The Organization, for its part, argued that the June 1987 Letter of Understanding was indeed proof positive of Carrier's acknowledgment of the fact that the work here in question accrued to the Mechanical Department employees; that inasmuch as the work belonged to the Claimants by historical practice, the Carrier was required by Article II, Section 2 of the September 25, 1964 Agreement to give advance notice to the Organization before using the outside contractor; that Carrier had failed to demonstrate that the Mechanical Department employees could not have performed the work in dispute; that because the Carrier did not give advance notice of the subcontracting, the 10% penalty provision set forth in Article VI, Section 14 (b) of the September 25, 1964 Agreement was properly payable; that SBA No. 570 has repeatedly held that full employment is not a bar to payment when the basic Agreement has been violated; and that the statement submitted by several employees from the facility establishes the historical performance of the disputed work by Mechanical Department employees.

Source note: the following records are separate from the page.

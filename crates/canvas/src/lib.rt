// The canvas: a record by value beside lent bytes, clips, and the calls that draw points, lines and boxes; and what the
// calls of images and ovals are made of.
#![tactic(auto)]

ghost use Rattle.std.specs.Prelude.{◌≡◌};
ghost use Rattle.canvas.specs.Faults.{number};
ghost use Rattle.canvas.specs.Clip.{intersection};
ghost use Rattle.canvas.specs.Call.{status_of, count_of};

mod areas;
pub mod boxes;
pub mod faults;
mod lines;
mod look;
pub mod plot;
pub mod span;

pub use areas::invert_rect;
pub use boxes::{draw_rect, fill_rect};
pub use lines::draw_line;
pub use look::get_pixel;
pub use plot::put_pixel;

#[derive(Clone, Copy)]
pub struct Clip {
    pub x: i32,
    pub y: i32,
    pub width: u32,
    pub height: u32,
}

// Why a call is refused.
#[derive(Clone, Copy, Debug, PartialEq, Eq)]
pub enum Refusal {
    Format,
    Size,
    Length,
    Source,
    Angle,
    Shape,
    Row,
    Rule,
}

// What became of the plots so far.
#[derive(Clone, Copy)]
pub struct Tally {
    pub landed: u64,
}

// What a drawing call answers.
pub type Drawn = Result<Tally, Refusal>;

impl Refusal {
    // 01's number, and 02's.
    pub fn number(self) -> u32
        ensures { result ≡ number self }
    {
        match self {
            Refusal::Format => 1,
            Refusal::Size => 2,
            Refusal::Length => 3,
            Refusal::Source => 4,
            Refusal::Angle => 5,
            Refusal::Shape => 6,
            Refusal::Row => 18,
            Refusal::Rule => 23,
        }
    }
}

// 01's number: 0, or the refusal's.
pub fn status(drawn: Drawn) -> u32
    ensures { result ≡ status_of drawn }
{
    match drawn {
        Ok(_) => 0,
        Err(r) => r.number(),
    }
}

// The plots that landed.
pub fn count(drawn: Drawn) -> u64
    ensures { result ≡ count_of drawn }
{
    match drawn {
        Ok(t) => t.landed,
        Err(_) => 0,
    }
}

impl Clip {
    pub fn intersect(self, other: Clip) -> Clip
        ensures { result ≡ intersection self other }
    {
        Clip {
            x: self.x.max(other.x),
            y: self.y.max(other.y),
            width: crate::span::shared_by(self.x, self.width, other.x, other.width),
            height: crate::span::shared_by(self.y, self.height, other.y, other.height),
        }
    }
}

The organization's primary reliance on the Letter of Understanding between the General Chairman and the Shop Superintendent requires that we address that issue first. On this property, the Shop Superintendent is not the officer of the Carrier authorized to make or interpret agreements. Therefore, the Organization's reliance on that June 12, 1987 Letter of Understanding is misplaced. This Board has often held that isolated settlements and/or agreements made by officers who are not authorized to make or interpret agreements are irrelevant to any subsequent interpretation to or application of the properly negotiated agreement. In this instance, the June 12, 1987 letter does not establish that Carrier has agreed to the historical performance of anything by Mechanical Department employees.

Form 1 Award No. 12822
Page 4 Docket No. 12756
95-2-93-2-139

The Board studied the statements submitted by the seven individuals. Two of the statements appear to be from Claimants in this case. The other five individuals who submitted statements are not identified. Of those statements which are readable (the photo quality of the statements as presented to the Board is extremely poor) there is nothing found which contradicts or refutes Carrier's position that there are two separate responsibility areas within the Ready Track area -- one area which accrues to Mechanical Department employees and another area (the area here in question) which accrues to the Engineering Department. The affidavit references to "dig ditches" and "ditch work" are not germane to this issue and lend no assistance to our determination of this claim.


As for the applicable provisions of Article II of the September 25, 1964 Agreement, the Board is convinced that the opening paragraph of said Article II specifically limits the application of the entire Article II to work which is set forth in the Classification of Work Rule or is reserved to the employees by exclusive historical practice and performance at the facility involved. In order to prevail in this dispute, the Organization must establish by more than mere declarations that the disputed work is expressly reserved to Laborers either in the Classification of Work Rule or by exclusive historical practice and performance. On the basis of the case file as found in this instance, the Organization has not met the required burden of proof.


Therefore, because the work did not accrue to the Claimants, there was no requirement that Carrier must give advance notice prior to subcontracting. The provisions of Article II of the September 25, 1964 Agreement were not violated in this case. Accordingly, the claim is denied.


                          AWARD


      Claim denied.


                        O R D E R


This Board, after consideration of the dispute identified above, hereby orders that an award favorable to the Claimant (s) not be made.

Forth 1 Award No. 12822
Page 5 Docket No. 12756
95-2-93-2-139
NATIONAL RAILROAD ADJUSTMENT BOARD
By Order of Second Division

Dated at Chicago, Illinois, this 26th day of January 1995.